Field recordings captured on walks.
Sessions where nothing worked.
Sessions where everything clicked.

No medals.
No podium.

But devotion all the same.

The Long Arc of Showing Up

When I think about it, I’ve dedicated my life to sound.

Not in a glamorous way.
In a consistent way.

The kind where you show up whether you feel inspired or not.
The kind where you keep refining your ear.
The kind where you move through burnout.
Through addiction.
Through grief.
Through doubt.

Two months ago today, our sweet Nala passed.

Time since then has felt both instantaneous and eternal.

My brain has been in survival mode.
Just getting through.

And yet — even in that fog — I’ve still shown up to the studio.

Not because I had to.
Not because of an algorithm.
But because it’s what I do.

It’s my craft. It’s my way of processing. It’s my version of training.

Devotion doesn’t always look dramatic.

Sometimes it looks like quietly sitting at a piano and letting one chord ring.
Sometimes it looks like scrapping a mix and starting over.
Sometimes it looks like releasing ambient music without expectation.
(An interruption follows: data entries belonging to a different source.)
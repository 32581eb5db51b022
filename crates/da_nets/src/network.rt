// Networks.

ghost use Rattle.std.specs.Prelude.{◌≡◌, ◌≤◌};
ghost use Rattle.da_nets.specs.Networks.{network, leading, has, entry_has, allowed};

use crate::address::Ip;
use da_tabline::{decimal_number, split_at_byte};
use std::marker::Model;

/// A network: the addresses of one kind whose leading bits are those of its own address.
#[derive(Clone, Copy, Debug, Drop, PartialEq, Eq)]
pub struct Net {
    ip: Ip,
    bits: u32,
}

impl Model for Net {
    ghost use Rattle.std.specs.Prelude.{◌≤◌};
    ghost use Rattle.da_nets.specs.Addresses.{width};
    ghost use Rattle.da_nets.specs.Networks.{Network};

    ghost Value = { Network };

    ghost view = { λ n. record { ip = n.ip; bits = n.bits } };

    ghost invariant = { λ n. n.bits ≤ width n.ip };

    ghost inverse = { λ n. record { ip = n.ip; bits = n.bits } };
}

/// The first bits of a number that has `width` bits.
fn leading(width: u32, bits: u32, value: u128) -> u128
    requires width { width ≤ 128 }
    requires bits { bits ≤ width }
    ensures { result ≡ leading width bits value }
{
    let behind = width - bits;
    if behind == 128 { 0 } else { value >> behind }
}

impl Net {
    /// The network that the text spells: an address, or an address, `/` and how many leading bits count, at most as many
    /// as the address has. Without a number all bits count. `None` exactly where the text spells no network.
    pub fn read(text: &[u8]) -> Option<Net>
        ensures { result ≡ network text.now }
    {
        match split_at_byte(text, b'/') {
            None => {
                let ip = Ip::read(text)?;
                let bits = ip.width();
                Some(Net { ip, bits })
            }
            Some((address, bits)) => {
                let ip = Ip::read(address)?;
                let bits = decimal_number(bits, u64::from(ip.width()))?;
                Some(Net {
                    ip,
                    bits: bits as u32,
                })
            }
        }
    }

    /// Whether the address is of the network's kind and has its leading bits. It takes no memory.
    pub fn has(&self, ip: &Ip) -> bool
        ensures { result ≡ has self.now ip.now }
    {
        match (self.ip, *ip) {
            (Ip::V4(own), Ip::V4(other)) => {
                leading(32, self.bits, u128::from(own)) == leading(32, self.bits, u128::from(other))
            }
            (Ip::V6(own), Ip::V6(other)) => {
                leading(128, self.bits, own) == leading(128, self.bits, other)
            }
            _ => false,
        }
    }
}

fn entry_has(entry: &[u8], ip: &Ip) -> bool
    ensures { result ≡ entry_has ip.now entry.now }
{
    match Net::read(entry) {
        Some(net) => net.has(ip),
        None => false,
    }
}

/// Whether some entry of the comma list is a network that has the address. An entry that can't be read has no address,
/// and an address that can't be read is in no network. It takes no memory.
pub fn allowed(nets: &[u8], ip: &[u8]) -> bool
    ensures { result ≡ allowed nets.now ip.now }
{
    let Some(ip) = Ip::read(ip) else {
        return false;
    };
    nets.split(|byte| *byte == b',')
        .any(|entry| entry_has(entry, &ip))
}
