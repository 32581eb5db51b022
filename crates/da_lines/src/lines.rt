// What a line of a connection does.

ghost use Rattle.std.specs.Prelude.{◌≡◌, ◌<◌, ◌^◌, ◌-◌, IfOk, length, ℕ};
ghost use Rattle.da_base.specs.Words.{nth, passes_option, Bytes};
ghost use Rattle.da_lines.specs.Bridges.{after_meaning};
ghost use Rattle.da_lines.specs.Lines.{is_cancellable, continues, cancels, after_client_message, after_master_message, client_line, master_line, line_on};
ghost use Rattle.da_msgs.specs.ClientMessages.{client_message};
ghost use Rattle.da_msgs.specs.MasterMessages.{master_message};
ghost use Rattle.da_request.specs.Requests.{is_awaiting};
ghost use Rattle.da_settings.specs.declared.settings.Settings.{Settings};
ghost use Rattle.da_tables.specs.Bridges.{with_effect};

use crate::grants::granted;
use da_fields::Text;
use da_msgs::{ClientMsg, MasterMsg};
use da_request::{Body, Request, new_request};
use da_settings::{Settings, Texts};
use da_tables::{Connection, InputEffect, Tables};
use std::alloc::{AllocError, Global};

/// What a line does, once it is read and it is known whether it may stand where it stands.
#[derive(Drop)]
pub enum LineMeaning {
    /// It is ignored: its connection isn't open.
    Ignored,
    /// It closes its connection.
    Closes,
    /// It is this message of a client.
    Client(ClientMsg),
    /// It is this message of a master.
    Master(MasterMsg),
}

fn is_awaiting(
    tables: &Tables,
    alloc: Global,
    settings: &Settings,
    number: u32,
) -> Result<bool, AllocError>
    ensures { IfOk result (λ awaiting. awaiting ≡ passes_option (is_awaiting settings.now) (nth tables.now.requests number)) }
{
    match tables.request(number) {
        Some(request) => request.is_awaiting(alloc, settings),
        None => Ok(false),
    }
}

fn is_cancellable(
    tables: &Tables,
    alloc: Global,
    settings: &Settings,
    number: u32,
    request: &Request,
) -> Result<bool, AllocError>
    ensures { IfOk result (λ may. may ≡ is_cancellable settings.now tables.now number request.now) }
{
    if request.is_pending() {
        return Ok(true);
    }
    if request.is_cancelled || tables.is_used(number) {
        return Ok(false);
    }
    request.has_succeeded(alloc, settings)
}

fn may_cancel(
    tables: &Tables,
    alloc: Global,
    settings: &Settings,
    number: u32,
) -> Result<bool, AllocError>
    ensures { IfOk result (λ may. may ≡ passes_option (is_cancellable settings.now tables.now number) (nth tables.now.requests number)) }
{
    match tables.request(number) {
        Some(request) => is_cancellable(tables, alloc, settings, number, request),
        None => Ok(false),
    }
}

/// A message is that of a request that awaits one, and is ignored elsewhere.
fn continues(
    tables: &mut Tables,
    alloc: Global,
    settings: &Settings,
    number: u32,
    text: Text,
) -> Result<InputEffect, AllocError>
    ensures { IfOk result (λ h. with_effect tables.new h ≡ continues settings.now number text tables.old) }
{
    if is_awaiting(tables, alloc, settings, number)? {
        tables.push_text(number, text)?;
        Ok(InputEffect::continuing(number))
    } else {
        Ok(InputEffect::continuing_none())
    }
}

fn cancels(
    tables: &mut Tables,
    alloc: Global,
    settings: &Settings,
    number: u32,
) -> Result<InputEffect, AllocError>
    ensures { IfOk result (λ h. with_effect tables.new h ≡ cancels settings.now number tables.old) }
{
    if may_cancel(tables, alloc, settings, number)? {
        tables.cancel(number);
    }
    Ok(InputEffect::continuing_none())
}

fn apply_client_message(
    tables: &mut Tables,
    alloc: Global,
    settings: &Settings,
    moment: u64,
    conn: u32,
    random: &[u8; 16],
    message: ClientMsg,
) -> Result<InputEffect, AllocError>
    requires { length tables.old.requests < 2 ^ 32 - 1 }
    ensures { IfOk result (λ h. with_effect tables.new h ≡ after_client_message settings.now moment conn random.now message tables.old) }
{
    match message {
        ClientMsg::Version { minor, .. } => tables.set_version(conn, minor),
        ClientMsg::Pid { pid } => tables.set_pid(conn, pid),
        ClientMsg::Auth {
            id,
            mech,
            params,
            resp,
        } => {
            let texts = Texts::new(Vec::new(alloc));
            let body = Body::Authenticates {
                mech,
                params,
                resp,
                texts,
            };
            return tables.add_request(new_request(alloc, moment, conn, id, random, body));
        }
        ClientMsg::Cont { id, text } => {
            let number = tables.request_number(conn, id);
            return continues(tables, alloc, settings, number, text);
        }
        ClientMsg::Cancel { id } => {
            let number = tables.request_number(conn, id);
            return cancels(tables, alloc, settings, number);
        }
        ClientMsg::Other => {}
    }
    Ok(InputEffect::continuing_none())
}

fn apply_master_message(
    tables: &mut Tables,
    alloc: Global,
    settings: &Settings,
    moment: u64,
    conn: u32,
    random: &[u8; 16],
    message: MasterMsg,
) -> Result<InputEffect, AllocError>
    requires requests { length tables.old.requests < 2 ^ 32 - 1 }
    requires connections { length tables.old.connections < 2 ^ 32 - 1 }
    ensures { IfOk result (λ h. with_effect tables.new h ≡ after_master_message settings.now moment conn random.now message tables.old) }
{
    match message {
        MasterMsg::Version { minor, .. } => tables.set_version(conn, minor),
        MasterMsg::Request {
            id,
            pid,
            client,
            cookie,
        } => {
            let grant = granted(tables, alloc, settings, moment, pid, client, cookie.bytes())?;
            let body = Body::LooksUp(grant);
            return tables.add_request(new_request(alloc, moment, conn, id, random, body));
        }
        MasterMsg::Other => {}
    }
    Ok(InputEffect::continuing_none())
}

/// What a line of a client does on its open connection.
fn client_line_meaning(
    tables: &Tables,
    alloc: Global,
    conn: u32,
    connection: &Connection,
    text: &[u8],
) -> Result<LineMeaning, AllocError>
    requires { length tables.now.requests < 2 ^ 32 - 1 }
    ensures { IfOk result (λ o. (settings : Settings) (moment : ℕ) (random : Bytes) → after_meaning settings moment conn random o tables.now ≡ client_line settings moment conn random connection.now (client_message text.now) tables.now) }
{
    match ClientMsg::read(alloc, text)? {
        Some(message) if tables.client_may(conn, connection, &message) => {
            Ok(LineMeaning::Client(message))
        }
        _ => Ok(LineMeaning::Closes),
    }
}

/// What a line of a master does on its open connection.
fn master_line_meaning(
    tables: &Tables,
    alloc: Global,
    conn: u32,
    connection: &Connection,
    text: &[u8],
) -> Result<LineMeaning, AllocError>
    requires { length tables.now.requests < 2 ^ 32 - 1 }
    ensures { IfOk result (λ o. (settings : Settings) (moment : ℕ) (random : Bytes) → after_meaning settings moment conn random o tables.now ≡ master_line settings moment conn random connection.now (master_message text.now) tables.now) }
{
    match MasterMsg::read(alloc, text)? {
        Some(message) if tables.master_may(conn, connection, &message) => {
            Ok(LineMeaning::Master(message))
        }
        _ => Ok(LineMeaning::Closes),
    }
}

/// What a line does.
fn line_meaning(
    tables: &Tables,
    alloc: Global,
    conn: u32,
    text: &[u8],
) -> Result<LineMeaning, AllocError>
    requires { length tables.now.requests < 2 ^ 32 - 1 }
    ensures { IfOk result (λ o. (settings : Settings) (moment : ℕ) (random : Bytes) → after_meaning settings moment conn random o tables.now ≡ line_on settings moment conn text.now random (nth tables.now.connections conn) tables.now) }
{
    let Some(connection) = tables.connection(conn) else {
        return Ok(LineMeaning::Ignored);
    };
    if !connection.is_open {
        return Ok(LineMeaning::Ignored);
    }
    if connection.is_of_client() {
        client_line_meaning(tables, alloc, conn, connection, text)
    } else {
        master_line_meaning(tables, alloc, conn, connection, text)
    }
}

fn apply_meaning(
    tables: &mut Tables,
    alloc: Global,
    settings: &Settings,
    moment: u64,
    conn: u32,
    random: &[u8; 16],
    meaning: LineMeaning,
) -> Result<InputEffect, AllocError>
    requires requests { length tables.old.requests < 2 ^ 32 - 1 }
    requires connections { length tables.old.connections < 2 ^ 32 - 1 }
    ensures { IfOk result (λ h. with_effect tables.new h ≡ after_meaning settings.now moment conn random.now meaning tables.old) }
{
    match meaning {
        LineMeaning::Ignored => Ok(InputEffect::continuing_none()),
        LineMeaning::Closes => {
            tables.end(conn);
            Ok(InputEffect::closing(conn))
        }
        LineMeaning::Client(message) => {
            apply_client_message(tables, alloc, settings, moment, conn, random, message)
        }
        LineMeaning::Master(message) => {
            apply_master_message(tables, alloc, settings, moment, conn, random, message)
        }
    }
}

/// A line of a connection: one that spells no message, or one that may not stand there, closes its connection.
pub fn line(
    tables: &mut Tables,
    alloc: Global,
    settings: &Settings,
    moment: u64,
    conn: u32,
    text: &[u8],
    random: &[u8; 16],
) -> Result<InputEffect, AllocError>
    requires requests { length tables.old.requests < 2 ^ 32 - 1 }
    requires connections { length tables.old.connections < 2 ^ 32 - 1 }
    ensures { IfOk result (λ h. with_effect tables.new h ≡ line_on settings.now moment conn text.now random.now (nth tables.old.connections conn) tables.old) }
{
    let meaning = line_meaning(tables, alloc, conn, text)?;
    apply_meaning(tables, alloc, settings, moment, conn, random, meaning)
}
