// What the reading of addresses means.

ghost use Rattle.std.specs.Prelude.{◌≡◌, ℕ, List, Some};
ghost use Rattle.da_nets.specs.declared.address.Ip.{Ip};
ghost use Rattle.da_nets.specs.Addresses.{address};
ghost use Rattle.da_nets.specs.Spellings.{Spells};

/// A text is read as an address exactly where it spells it: four numbers, or groups with at most one run left out.
pub fn addresses_are_read_from_their_spellings()
    ensures spelled { (text : List ℕ) (ip : Ip) → address text ≡ Some ip → Spells text ip }
    ensures read { (text : List ℕ) (ip : Ip) → Spells text ip → address text ≡ Some ip }
{}
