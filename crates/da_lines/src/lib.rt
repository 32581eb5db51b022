//! What a line of a connection does to the tables: `line` is `line_on` of `specs/Lines.antt`, for clients and for masters,
//! with the grants of `specs/Grants.antt`.
#![tactic(auto)]

mod grants;
mod lines;
mod logins;

pub use grants::{granted, login_grant};
pub use lines::{LineMeaning, line};
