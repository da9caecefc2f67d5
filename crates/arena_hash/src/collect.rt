// Maps of an iterator's pairs.
ghost use Rattle.std.specs.Prelude.{◌^◌, ◌≤◌, List, [], ◌∷◌, IfOk, IfErr, OnErr, Some, IsTrue};
ghost use Rattle.std.specs.Iterator.{IsFinite, Yields};
ghost use Rattle.arena_chunks.specs.Memory.{is_readable};
ghost use Rattle.arena_chunks.specs.Frame.{Frame};
ghost use Rattle.arena_table.specs.Contents.{kind};
ghost use Rattle.arena_hash.specs.Maps.{IsMapIn};
ghost use Rattle.arena_hash.specs.Collecting.{CollectsAll, CollectsSome};

use crate::map::HashMap;
use arena_chunks::{Allocator, ChunkSource};
use arena_items::{Grown, Item};
use arena_table::ArenaKey;
use hash_ring::KeyHasher;

impl<K: ArenaKey, V: Item, S: KeyHasher> HashMap<K, V, S> {
    /// Collects an iterator's pairs into a map, inserting them one by one. The size hint isn't used. A later pair
    /// replaces the value of an earlier one with the same key.
    ///
    /// # Errors
    ///
    /// As for `insert`. What was placed stays in the arena.
    pub fn from_iter_in<C: ChunkSource, I: Iterator<Item = (K, V)>>(
        iter: I,
        a: &mut Allocator<C>,
    ) -> Grown<HashMap<K, V, S>>
    where
        I: Drop,
        requires keys_small { K.SIZE ≤ 2 ^ 24 }
        requires values_small { V.SIZE ≤ 2 ^ 24 }
        requires can { I.can_next iter }
        requires ends { IsFinite (I.remaining iter) }
        requires texts { (pairs : List (K × V)) (now rest : I) (last : K × V)
            → Yields I.next_gives iter pairs now → I.next_gives now (Some last) rest
            → IsTrue (is_readable a.old.memory.state (K.key.text last.0)) }
        ensures held { IfOk result (IsMapIn (kind K.Item K.key V.Item S.hash_of) a.new.memory) }
        ensures frame { IfOk result (λ m. Frame a.old.memory a.new.memory [] (m.table.block ∷ [])) }
        ensures beside { OnErr result (Frame a.old.memory a.new.memory [] []) }
        ensures hasher { IfOk result (λ m. S.is_default m.hasher) }
        ensures collects { IfOk result
            (CollectsAll (kind K.Item K.key V.Item S.hash_of) I.next_gives iter a.old a.new) }
        ensures refused { IfErr result
            (CollectsSome (kind K.Item K.key V.Item S.hash_of) I.next_gives iter a.old a.new) }
    {
        let mut iter = iter;
        let mut map = HashMap::new_in();
        while let Some(pair) = iter.next() {
            map.insert(a, pair.0, pair.1)?;
        }
        Ok(map)
    }
}
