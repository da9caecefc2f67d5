//! Maps and sets in an arena: finite maps by the content of their keys.
#![tactic(auto)]

mod collect;
mod compare;
mod growth;
mod handle;
mod laws;
mod map;
mod set;
mod walk;
mod whole;

pub use arena_table::{ArenaKey, Table};
pub use hash_ring::{FxHasher, KeyHasher};
pub use laws::{bytes_law, costs_law, insert_law, lengths_law, map_frame_law, texts_law};
pub use map::{ArenaHashMap, HashMap, Look};
pub use set::{ArenaHashSet, HashSet, SetIter};
pub use walk::{IntoKeys, IntoValues, Iter};
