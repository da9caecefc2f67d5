// Equality of maps, by content.
ghost use Rattle.std.specs.Prelude.{◌↔◌, ◌^◌, ◌≤◌, IsTrue};
ghost use Rattle.hash_ring.specs.Walks.{AreEqual};
ghost use Rattle.arena_table.specs.Contents.{kind};
ghost use Rattle.arena_hash.specs.Maps.{IsMapIn, map_in};

use crate::map::HashMap;
use arena_chunks::{Allocator, ChunkSource};
use arena_items::Item;
use arena_table::ArenaKey;
use hash_ring::KeyHasher;

impl<K: ArenaKey, V: Item + PartialEq, S: KeyHasher> HashMap<K, V, S> {
    /// Returns whether the same contents are keys of both maps, with equal values.
    pub fn eq<C: ChunkSource>(&self, a: &Allocator<C>, other: &HashMap<K, V, S>) -> bool
        requires keys_small { K.SIZE ≤ 2 ^ 24 }
        requires values_small { V.SIZE ≤ 2 ^ 24 }
        requires held { IsMapIn (kind K.Item K.key V.Item S.hash_of) a.now.memory self.now }
        requires other { IsMapIn (kind K.Item K.key V.Item S.hash_of) a.now.memory other.now }
        ensures { IsTrue result ↔ AreEqual V.eq
            (map_in (kind K.Item K.key V.Item S.hash_of) a.now.memory self.now)
            (map_in (kind K.Item K.key V.Item S.hash_of) a.now.memory other.now) }
    {
        if self.len != other.len {
            return false;
        }
        for (key, value) in self.iter(a) {
            match other.get(a, key) {
                Some(found) => {
                    if value != found {
                        return false;
                    }
                }
                None => return false,
            }
        }
        true
    }
}
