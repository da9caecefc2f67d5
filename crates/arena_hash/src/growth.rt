// The next table of a map, and inserts that place one.
ghost use Rattle.std.specs.Prelude.{◌≡◌, ◌+◌, ◌^◌, ◌<◌, ◌≤◌, ◌==◌, [], ◌∷◌, None, IfOk, OnErr};
ghost use Rattle.std.specs.Prelude.{if◌then◌else◌};
ghost use Rattle.arena_chunks.specs.Frame.{Frame};
ghost use Rattle.arena_items.specs.Room.{MakesRoom};
ghost use Rattle.arena_items.specs.declared.room.Growth.TheVariants.{GrowsTo, Overflows};
ghost use Rattle.hash_ring.specs.Policy.{limit, most_pairs, next_slots, slot_size, table_align};
ghost use Rattle.hash_ring.specs.Slots.{Lacks, Moved};
ghost use Rattle.arena_table.specs.Contents.{kind, content_in};
ghost use Rattle.arena_table.specs.Tables.{slots_in, IsTableIn, IsTextBeside};
ghost use Rattle.arena_hash.specs.Changes.{Puts, is_value};
ghost use Rattle.arena_hash.specs.Maps.{IsMapIn};

use crate::map::HashMap;
use arena_chunks::{Allocator, ChunkSource};
use arena_items::{AllocError, Grown, Item};
use arena_table::{ArenaKey, Table};
use hash_ring::{KeyHasher, next_slots};

impl<K: ArenaKey, V: Item, S: KeyHasher> HashMap<K, V, S> {
    // Places the next table, with all pairs of this one.
    #[cold]
    #[inline(never)]
    pub(crate) fn grown<C: ChunkSource>(&self, a: &mut Allocator<C>) -> Grown<Table<K, V>>
        requires keys_small { K.SIZE ≤ 2 ^ 24 }
        requires values_small { V.SIZE ≤ 2 ^ 24 }
        requires held { IsTableIn
            (kind K.Item K.key V.Item S.hash_of) a.old.memory self.now.hasher self.now.table }
        requires full { limit self.now.table.slots ≤ self.now.len }
        ensures made { MakesRoom (slot_size K.SIZE V.SIZE)
            (table_align K.ALIGN V.ALIGN) a.old a.new self.now.table.block 0
            (if self.now.len == most_pairs then Overflows else GrowsTo (next_slots self.now.table.slots))
            (λ t. t.block) result }
        ensures held { IfOk result (IsTableIn
            (kind K.Item K.key V.Item S.hash_of) a.new.memory self.now.hasher) }
        ensures slots { IfOk result (λ t. t.slots ≡ next_slots self.now.table.slots) }
        ensures moved { IfOk result (λ t. Moved (slots_in K.Item V.Item a.old.memory self.now.table)
            (slots_in K.Item V.Item a.new.memory t)) }
        ensures frame { IfOk result (λ t. Frame a.old.memory a.new.memory [] (t.block ∷ [])) }
        ensures err { OnErr result (a.new.memory ≡ a.old.memory) }
    {
        if self.len == u32::MAX {
            return Err(AllocError::CapacityOverflow);
        }
        let table = Table::<K, V>::place(a, next_slots(self.table.slots))?;
        table.carry_all(a, &self.hasher, self.table);
        Ok(table)
    }

    // Places the next table and inserts a pair with a new content. A separate function, so that an insert that doesn't
    // grow the table writes nothing for it.
    #[cold]
    #[inline(never)]
    pub(crate) fn insert_grown<C: ChunkSource>(
        &mut self,
        a: &mut Allocator<C>,
        hash: u64,
        key: K,
        value: V,
    ) -> Grown<Option<V>>
        requires keys_small { K.SIZE ≤ 2 ^ 24 }
        requires values_small { V.SIZE ≤ 2 ^ 24 }
        requires held { IsMapIn (kind K.Item K.key V.Item S.hash_of) a.old.memory self.old }
        requires text { IsTextBeside K.key a.old.memory self.old.table.block key }
        requires hash { hash ≡ S.hash_of self.old.hasher (content_in K.key a.old.memory key) }
        requires lacks { Lacks (λ p. content_in K.key a.old.memory p.0)
            (slots_in K.Item V.Item a.old.memory self.old.table) (content_in K.key a.old.memory key) }
        requires full { limit self.old.table.slots ≤ self.old.len }
        ensures { Puts (kind K.Item K.key V.Item S.hash_of) a.old a.new self.old key value is_value
            self.new result }
    {
        self.table = self.grown(a)?;
        self.table.settle(a, &self.hasher, hash, key, value);
        self.len += 1;
        Ok(None)
    }
}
Respect for the Ones Who Show Up

Watching those athletes embrace each other reminded me of something simple:

When you’ve given yourself to something fully, you recognize that same dedication in others.

It’s not about winning.
It’s about the shared understanding of what it took to get there.

There’s something deeply human about that.

In a world that feels increasingly divided — politically, socially, digitally — I found myself unexpectedly moved by the simplicity of respect.

Different countries.
Different ideologies.
Same sacrifice.
Same discipline.
Same love of craft.

And it made me think about the creative community, too.

Every artist I admire — whether ambient composers, film scorers, modular synth explorers, or painters — has devoted their life to something intangible.

We may make wildly different sounds.
We may hold different beliefs.
But underneath it all is a shared devotion to making something honest.

We Are All Training For Something

Maybe not the Olympics.

But something.

Maybe it’s parenting.
Maybe it’s healing.
Maybe it’s sobriety.
Maybe it’s building a life aligned with your values.
Maybe it’s simply trying to be a decent human in a loud world.

I think what moved me most was remembering that beneath the noise, we are all training for something.

We are all trying.
We are all tired sometimes.
We are all giving more than people see.

And when we remember that, it becomes a little easier to extend grace.

To embrace instead of divide.
To respect instead of diminish.

Devotion Over Division

The Olympics didn’t make me patriotic.

They made me reflective.

They reminded me that dedication is sacred.
That craft is worthy.
That respect is powerful.

And they reminded me that even in grief, even in uncertainty, even in survival mode — I am still devoted to what I do.

Not because it makes me special.

But because it keeps me human.

And maybe that’s the point.

We are humans.
All going through things.
Trying to do our best.

And if we can meet each other there — in the shared understanding of effort — maybe we’ll be alright.